Subgroup analysis and investigation of heterogeneity

Subgroup analyses will only be performed if one of the primary outcome parameters demonstrates statistically significant differences between treatment groups. We will investigate the following characteristics (either participants characteristics as well as studies design) that may have influence on results:

  • participants: vascular baseline risk, age;

  • study design: follow‐up (and treatment duration), inclusion criteria and definition of hypercholesterolemia, doses of statins and ezetimibe.

We consider a‐priori these characteristics as possible sources of heterogeneity of main outcomes and we will assess even if tests for heterogeneity are non‐significant. In order to assess sources of heterogeneity we will perform subgroup and meta‐regression analyses.

Subgroup analysis

(1) Cardiovascular baseline risk: baseline risk of participants is directly linked with both inclusion criteria and definition of hypercholesterolemia used in each study. At present, in both U.S. and European guidelines, people with type 2 diabetes mellitus are included in high baseline risk categories just like people with cardiovascular diseases (De Backer 2003; NCEP 2001). This fact may blur partially the concept of primary and secondary prevention within each study. Also these guidelines are not easily comparable among themselves or with others. We will use different approaches to assess the effect of baseline risk on both mortality and non‐fatal cardiovascular events (in all cases we will calculate the NNT within each risk group):

  • we will consider in comparative shape all results reported on both primary and secondary prevention of cardiovascular disease;

  • people with or without coronary heart disease;

  • people with recent cardiovascular events (within three months prior to their inclusion in the trial);

  • people with diabetes mellitus;

  • people with familial hypercholesterolemia.

(2) Doses of statins: We will divide all studies in groups according to statins doses used. Appendix 2 defines equivalent statins doses, which was modified from Grundy et al (Grundy 2004). Dose1 corresponds to a standard dose to obtain a 30% to 40% reduction in LDL cholesterol concentration.

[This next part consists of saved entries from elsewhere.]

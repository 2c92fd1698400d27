//! The tables of a grammar: of its bytes, or of a file.

ghost use Rattle.std.specs.Prelude.{IfOk, IfErr};
ghost use Rattle.ygenerate.specs.Sources.{AreTablesOf, HasTables, NoTables, SourceFails};

use std::alloc::Global;
use std::io::ErrorKind;
use thiserror::Error;
use yfolder::Folder;
use ygrammar::{GrammarFault, LONGEST_FILE, read_grammar};
use ylalr::{BuildFault, build};
use ytables::{Tables, resolve};

/// So many bytes of a grammar show that it is too long, even where it never ends.
const GRAMMAR_BYTES: usize = LONGEST_FILE + 1;

/// Why there are no tables of a grammar.
#[derive(Debug, Drop, Error)]
pub enum SourceFault {
    /// The grammar can't be opened or read.
    #[error("cannot read the grammar")]
    Unread,
    /// Memory ran out while the grammar was opened or read.
    #[error("no memory")]
    NoRoom,
    /// The grammar is refused.
    #[error("{0}")]
    Grammar(GrammarFault),
    /// There are more than 16,384 item sets, or memory ran out for them.
    #[error("{0}")]
    Build(BuildFault),
    /// Memory ran out for the tables.
    #[error("no memory")]
    Tables,
}

/// The tables of the grammar that the bytes mean.
pub fn tables_over(alloc: Global, source: &[u8]) -> Result<Tables, SourceFault>
    ensures tables { IfOk result (λ t. AreTablesOf source.now t) }
    ensures refused { IfErr result (λ fault. NoTables source.now fault) }
{
    let grammar = match read_grammar(alloc, source) {
        Ok(grammar) => grammar,
        Err(fault) => return Err(SourceFault::Grammar(fault)),
    };
    let automaton = match build(alloc, grammar) {
        Ok(automaton) => automaton,
        Err(fault) => return Err(SourceFault::Build(fault)),
    };
    let _guide = automaton.states();
    match resolve(alloc, automaton) {
        Ok(tables) => Ok(tables),
        Err(_) => Err(SourceFault::Tables),
    }
}

/// The tables of the grammar file at this path.
pub fn tables_from<D: Folder>(
    alloc: Global,
    folder: &mut D,
    grammar: &str,
) -> Result<Tables, SourceFault>
    ensures tables { IfOk result (HasTables D.reads grammar.now folder.old folder.new) }
    ensures fails { IfErr result
        (SourceFails D.reads D.unreadable grammar.now folder.old folder.new) }
{
    match folder.read(alloc, grammar, Some(GRAMMAR_BYTES)) {
        Ok(bytes) => tables_over(alloc, &bytes),
        Err(error) => match error.kind() {
            ErrorKind::OutOfMemory => Err(SourceFault::NoRoom),
            _ => Err(SourceFault::Unread),
        },
    }
}
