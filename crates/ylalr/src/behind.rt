//! What forms begin with; and, made once for each rule, what stands after the first symbol of its
//! body. Each state that has the rule with the dot at 0 asks for that.

ghost use Rattle.std.specs.Prelude.{◌≡◌, ◌<◌, ◌≤◌, ◌↔◌, length, All, IfOk, IsTrue};
ghost use Rattle.ybitsets.specs.Marks.{Has};
ghost use Rattle.ybitsets.specs.Rows.{Grows, IsSized};
ghost use Rattle.ylalr.specs.Behind.{AddsAtMost, HasForm, IsBehind, rest_of};

use crate::tokens::token_count;
use std::alloc::{AllocError, Global};
use ybitsets::marks::Marks;
use ybitsets::rows::Rows;
use ysymbols::{Grammar, Sym, let_go};

/// What stands after the first symbol of the body of each rule.
pub struct Behind {
    /// For each rule, the tokens with which that begins.
    pub rows: Rows,
    /// Whether it vanishes.
    pub vanishing: Marks,
}

impl Drop for Behind {
    fn drop(self) {
        let_go!(self: Behind { rows, vanishing });
    }
}

/// Adds to row `to` what the form begins with, and says whether the form vanishes.
pub fn add_form(nullable: &Marks, first: &Rows, form: &[Sym], rows: &mut Rows, to: usize) -> bool
    requires form { All (λ s. s < length nullable.now) form.now }
    requires first { length nullable.now ≤ first.now.height }
    requires columns { first.now.width ≡ rows.old.width }
    requires to_in { to < rows.old.height }
    ensures sized { IsSized rows.old.height rows.old.width rows.new }
    ensures grows { Grows rows.old rows.new }
    ensures sound { AddsAtMost nullable.now first.now form.now to rows.old rows.new }
    ensures every { HasForm nullable.now first.now form.now to rows.new }
    ensures vanishes { IsTrue result ↔ All (Has nullable.now) form.now }
{
    for s in form {
        rows.add_from(to, first, *s);
        if !nullable.has(*s) {
            return false;
        }
    }
    true
}

/// What stands after the first symbol of the body of rule `r`: nothing, where the body is empty.
fn rest(grammar: &Grammar, r: usize) -> &[Sym]
    requires { r < length grammar.now.bare.rules }
    ensures value { result.now ≡ rest_of grammar.now.bare r }
    ensures symbols { All (λ s. s < grammar.now.bare.symbols) result.now }
{
    let _well_formed = grammar.symbols();
    let body = grammar.rule(r).body();
    if body.is_empty() { body } else { &body[1..] }
}

/// What stands after the first symbol of each body. It fails only when memory runs out.
pub fn behind_of(
    alloc: Global,
    grammar: &Grammar,
    nullable: &Marks,
    first: &Rows,
) -> Result<Behind, AllocError>
    requires marks { length nullable.now ≡ grammar.now.bare.symbols }
    requires first { IsSized grammar.now.bare.symbols grammar.now.bare.tokens first.now }
    ensures { IfOk result (λ b. IsBehind grammar.now.bare nullable.now first.now b) }
{
    let _well_formed = grammar.symbols();
    let mut rows = Rows::new(alloc, grammar.rules(), token_count(grammar))?;
    let mut vanishing = Marks::new(alloc, grammar.rules())?;
    for r in 0..grammar.rules() {
        if add_form(nullable, first, rest(grammar, r), &mut rows, r) {
            vanishing.mark(r);
        }
    }
    Ok(Behind { rows, vanishing })
}
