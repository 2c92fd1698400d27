//! Links from the symbols with which bodies can begin, where some symbols may be passed over.

ghost use Rattle.std.specs.Prelude.{◌≡◌, ◌<◌, length, All, IfOk, OnOk};
ghost use Rattle.ylalr.specs.Fronts.{AddsFront, AreFrontLinks};

use std::alloc::{AllocError, Global};
use ybitsets::links::Links;
use ybitsets::marks::Marks;
use ysymbols::{Grammar, Sym};

/// Links to `to` from each symbol of a form, up to the first one that isn't marked. It fails only
/// when memory runs out.
pub fn link_front(
    links: &mut Links,
    form: &[Sym],
    passed: &Marks,
    to: usize,
) -> Result<(), AllocError>
    requires form { All (λ s. s < length links.old) form.now }
    requires marks { length passed.now ≡ length links.old }
    ensures sized { OnOk result (length links.new ≡ length links.old) }
    ensures adds { OnOk result (AddsFront passed.now form.now to links.old links.new) }
{
    for s in form {
        links.push(*s, to)?;
        if !passed.has(*s) {
            return Ok(());
        }
    }
    Ok(())
}

/// Links to the left side of each rule from each symbol of its body, up to the first one that
/// isn't marked. It fails only when memory runs out.
pub fn front_links(alloc: Global, grammar: &Grammar, passed: &Marks) -> Result<Links, AllocError>
    requires { length passed.now ≡ grammar.now.bare.symbols }
    ensures { IfOk result (λ l.
        AreFrontLinks grammar.now.bare passed.now (length grammar.now.bare.rules) l) }
{
    let mut links = Links::new(alloc, grammar.symbols())?;
    for r in 0..grammar.rules() {
        let rule = grammar.rule(r);
        link_front(&mut links, rule.body(), passed, rule.left())?;
    }
    Ok(links)
}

Each subsequent dose (dose2 and dose3) was calculated doubling the prior dose. For every doubling of the dose above standard dose, an approximate 6% decrease in LDL cholesterol level can be obtained.

(3) Doses of ezetimibe: we will divide all studies in groups according to ezetimibe doses used.

Meta‐regression

The robustness of the results will also be tested by performing a meta‐regression depending on quantity and quality of studies. The following studies' characteristics will be used in order to assess their impact on treatment effect: rate of high baseline risk participants, mean of age, follow up, statins doses. Meta‐regression will be performed with StataTM (Sterne 2001).

Sensitivity analysis

We will perform sensitivity analyses in order to explore the influence of the following factors on effect size:

  • repeating the analysis excluding unpublished studies;.

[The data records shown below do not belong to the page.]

//! A cell that is asked for.

use crate::lines::Lines;
use crate::reads::{Candidates, candidates_of, items_of, shift_of};
use crate::text::Name;
use ylalr::Item;
use ysymbols::{Grammar, Sym};
use ytables::{Action, Tables};

/// A cell to be explained: that of a state and a token.
#[derive(Clone, Copy)]
pub struct Question<'a> {
    /// The tables.
    pub tables: &'a Tables,
    /// Where rules stand in the grammar's file.
    pub lines: &'a Lines,
    /// The state.
    pub state: usize,
    /// The token.
    pub token: Sym,
}

impl<'a> Question<'a> {
    /// The grammar.
    pub fn grammar(self) -> &'a Grammar {
        self.tables.automaton().grammar()
    }

    /// The name of the token.
    pub fn name(self) -> Name<'a> {
        Name(self.grammar(), self.token)
    }

    /// The items of the state.
    pub fn items(self) -> &'a [Item] {
        items_of(self.tables.automaton(), self.state)
    }

    /// The shift that is a candidate in the cell, where one is.
    pub fn shift(self) -> Option<Action> {
        shift_of(self.tables, self.state, self.token)
    }

    /// The rules that are candidates in the cell.
    pub fn candidates(self) -> Candidates<'a> {
        candidates_of(self.tables, self.state, self.token)
    }
}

  • repeating the analysis including only studies with methodological quality "A", as specified above;

  • repeating the analysis excluding studies using the following filters: statistical model, source of funding (industry versus other), country (developed versus developing countries);

  • repeating the analysis excluding studies with initial disagreement about its inclusion;

  • we will also perform an examination of the influence of individual studies with the metainf command in StataTM (Sterne 2001).

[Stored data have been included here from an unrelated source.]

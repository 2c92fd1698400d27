//! Items, and the symbols after their dots.

ghost use Rattle.std.specs.Prelude.{ℕ, ◌≡◌, ◌<◌, ◌≤◌, suc, drop, length};
ghost use Rattle.std.specs.Prelude.{MatchOption, All};
ghost use Rattle.ysymbols.specs.Grammar.{body_of};
ghost use Rattle.std.specs.List.{Contains};
ghost use Rattle.ylalr.specs.Sets.{Moves, IsAscending, IsNext, IsMove, IsAt};

use crate::tokens::END;
use ysymbols::{Grammar, Sym};

/// An item: a rule with a dot in its body (Aho, Sethi, Ullman, section 4.7).
#[derive(Clone, Copy, Debug, Default, Drop, PartialEq, Eq, Hash)]
pub struct Item {
    /// The number of the rule.
    pub rule: usize,
    /// How many symbols of its body stand before the dot.
    pub dot: usize,
}

/// The symbol after the dot, or `None` where the dot is at the end.
pub fn symbol_after(grammar: &Grammar, item: Item) -> Option<Sym>
    requires { item.rule < length grammar.now.bare.rules }
    ensures { MatchOption result (length (body_of grammar.now.bare item.rule) ≤ item.dot)
        (λ s. IsNext grammar.now.bare item s) }
{
    let _well_formed = grammar.symbols();
    let body = grammar.rule(item.rule).body();
    if item.dot < body.len() {
        Some(body[item.dot])
    } else {
        None
    }
}

/// What stands after the symbol after the dot.
pub fn form_after(grammar: &Grammar, item: Item) -> &[Sym]
    requires rule { item.rule < length grammar.now.bare.rules }
    requires dot { item.dot < length (body_of grammar.now.bare item.rule) }
    ensures value { result.now ≡ drop (suc item.dot) (body_of grammar.now.bare item.rule) }
    ensures symbols { All (λ s. s < grammar.now.bare.symbols) result.now }
{
    let _well_formed = grammar.symbols();
    let body = grammar.rule(item.rule).body();
    &body[item.dot + 1..]
}

/// The symbol over which the dot can move: the one after it, or `None` at the end and before
/// `$end`.
pub fn moves_over(grammar: &Grammar, item: Item) -> Option<Sym>
    requires { item.rule < length grammar.now.bare.rules }
    ensures { MatchOption result ((z : ℕ) → Moves grammar.now.bare item z → ⊥)
        (λ x. IsMove grammar.now.bare item x) }
{
    let _well_formed = grammar.symbols();
    let next = symbol_after(grammar, item)?;
    if next == END { None } else { Some(next) }
}

/// Where the item stands in a list of items by rule and dot, counted from 0, or `None`.
pub fn find(items: &[Item], item: Item) -> Option<usize>
    requires { IsAscending items.now }
    ensures { MatchOption result (Contains items.now item → ⊥) (λ k. IsAt items.now item k) }
{
    items
        .binary_search_by_key(&(item.rule, item.dot), |i| (i.rule, i.dot))
        .ok()
}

The robustness of the results will also be tested by repeating the analysis using different statistical models (like fixed and random‐effects methods), as specified above.

Economic issues

If we find analyses of costs in included studies, these will be summarized in the result section and the table of comparisons just like the other results. They will be summarized in accordance to the type of analysis performed (that is cost‐effectiveness, cost‐efficacy, etc). Additional studies retrieved through the search strategy will be considered in the discussion.